Record extracts:
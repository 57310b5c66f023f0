//! The bytes of a log and of kept roots, as definitions in `specs/`. The functions here are laws
//! about them, and examples: each has an empty body, and its contract is the law.
#![tactic(auto)]

mod examples;
mod fronts;
mod laws;
mod merges;
mod trees;

pub use examples::{
    bad_journals, bad_logs, first_payload, payloads_that_break, payloads_with_other_fields,
    storable_entries, unlawful_logs,
};
pub use fronts::{a_front_tells_a_misfit, fronts_of_payloads};
pub use laws::{
    a_fault_lies_in_its_payload, a_field_is_its_bytes, a_field_is_read_back,
    a_file_says_one_thing_as_a_log, a_log_stands_for_one_history, a_payload_holds_one_entry,
    a_payload_is_its_entrys_bytes, an_entry_is_read_back, an_entrys_size_is_that_of_its_bytes,
    entries_of_lawful_histories_are_storable, numbers_are_big_endian, what_a_log_says,
};
pub use merges::{
    a_file_keeps_one_list_of_roots, a_merge_record_is_read_back, bad_merge_records, merge_records,
    more_records_keep_the_roots, one_root_is_the_newest_that_agrees, roots_of_a_file,
    roots_that_agree_with_nothing,
};
pub use trees::{
    a_counted_list_is_the_index, later_nodes_change_no_tree, no_two_nodes_have_one_id,
    one_more_record_keeps_one_more_root,
};
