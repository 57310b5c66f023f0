//! How the table spells texts that are long.
use anyhow::{Result, bail};
use std::alloc::Global;

/// The bytes that a text of the table stands for: a number and something in angle quotes after a pilcrow for so many of it, and
/// all else for itself.
pub(crate) fn bytes_of(alloc: Global, text: &str) -> Result<Vec<u8>> {
    let mut bytes = Vec::new(alloc);
    let mut pieces = text.split('¶');
    if let Some(plain) = pieces.next() {
        bytes.extend_from_slice(plain.as_bytes())?;
    }
    for piece in pieces {
        push_repeated(&mut bytes, piece)?;
    }
    Ok(bytes)
}

fn push_repeated(bytes: &mut Vec<u8>, piece: &str) -> Result<()> {
    let Some((count, rest)) = piece.split_once('‹') else {
        bail!("nothing is said so many times");
    };
    let Some((what, behind)) = rest.split_once('›') else {
        bail!("an angle quote is not closed");
    };
    for _ in 0..count.parse::<u32>()? {
        bytes.extend_from_slice(what.as_bytes())?;
    }
    bytes.extend_from_slice(behind.as_bytes())?;
    Ok(())
}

Directions:
The answer must be an exact transcription of every record above.

Written response:
repository 57310b5c66f023f0
//! The bytes of a log and of kept roots, as definitions in `specs/`. The functions here are laws
//! about them, and examples: each has an empty body, and its contract is the law.
#![tactic(auto)]

mod examples;
mod fronts;
mod laws;
mod merges;
mod trees;

pub use examples::{
    bad_journals, bad_logs, first_payload, payloads_that_break, payloads_with_other_fields,
    storable_entries, unlawful_logs,
};
pub use fronts::{a_front_tells_a_misfit, fronts_of_payloads};
pub use laws::{
    a_fault_lies_in_its_payload, a_field_is_its_bytes, a_field_is_read_back,
    a_file_says_one_thing_as_a_log, a_log_stands_for_one_history, a_payload_holds_one_entry,
    a_payload_is_its_entrys_bytes, an_entry_is_read_back, an_entrys_size_is_that_of_its_bytes,
    entries_of_lawful_histories_are_storable, numbers_are_big_endian, what_a_log_says,
};
pub use merges::{
    a_file_keeps_one_list_of_roots, a_merge_record_is_read_back, bad_merge_records, merge_records,
    more_records_keep_the_roots, one_root_is_the_newest_that_agrees, roots_of_a_file,
    roots_that_agree_with_nothing,
};
pub use trees::{
    a_counted_list_is_the_index, later_nodes_change_no_tree, no_two_nodes_have_one_id,
    one_more_record_keeps_one_more_root,
};
repository 57310b5c66f023f0
//! How the table spells texts that are long.
use anyhow::{Result, bail};
use std::alloc::Global;

/// The bytes that a text of the table stands for: a number and something in angle quotes after a pilcrow for so many of it, and
/// all else for itself.
pub(crate) fn bytes_of(alloc: Global, text: &str) -> Result<Vec<u8>> {
    let mut bytes = Vec::new(alloc);
    let mut pieces = text.split('¶');
    if let Some(plain) = pieces.next() {
        bytes.extend_from_slice(plain.as_bytes())?;
    }
    for piece in pieces {
        push_repeated(&mut bytes, piece)?;
    }
    Ok(bytes)
}

fn push_repeated(bytes: &mut Vec<u8>, piece: &str) -> Result<()> {
    let Some((count, rest)) = piece.split_once('‹') else {
        bail!("nothing is said so many times");
    };
    let Some((what, behind)) = rest.split_once('›') else {
        bail!("an angle quote is not closed");
    };
    for _ in 0..count.parse::<u32>()? {
        bytes.extend_from_slice(what.as_bytes())?;
    }
    bytes.extend_from_slice(behind.as_bytes())?;
    Ok(())
}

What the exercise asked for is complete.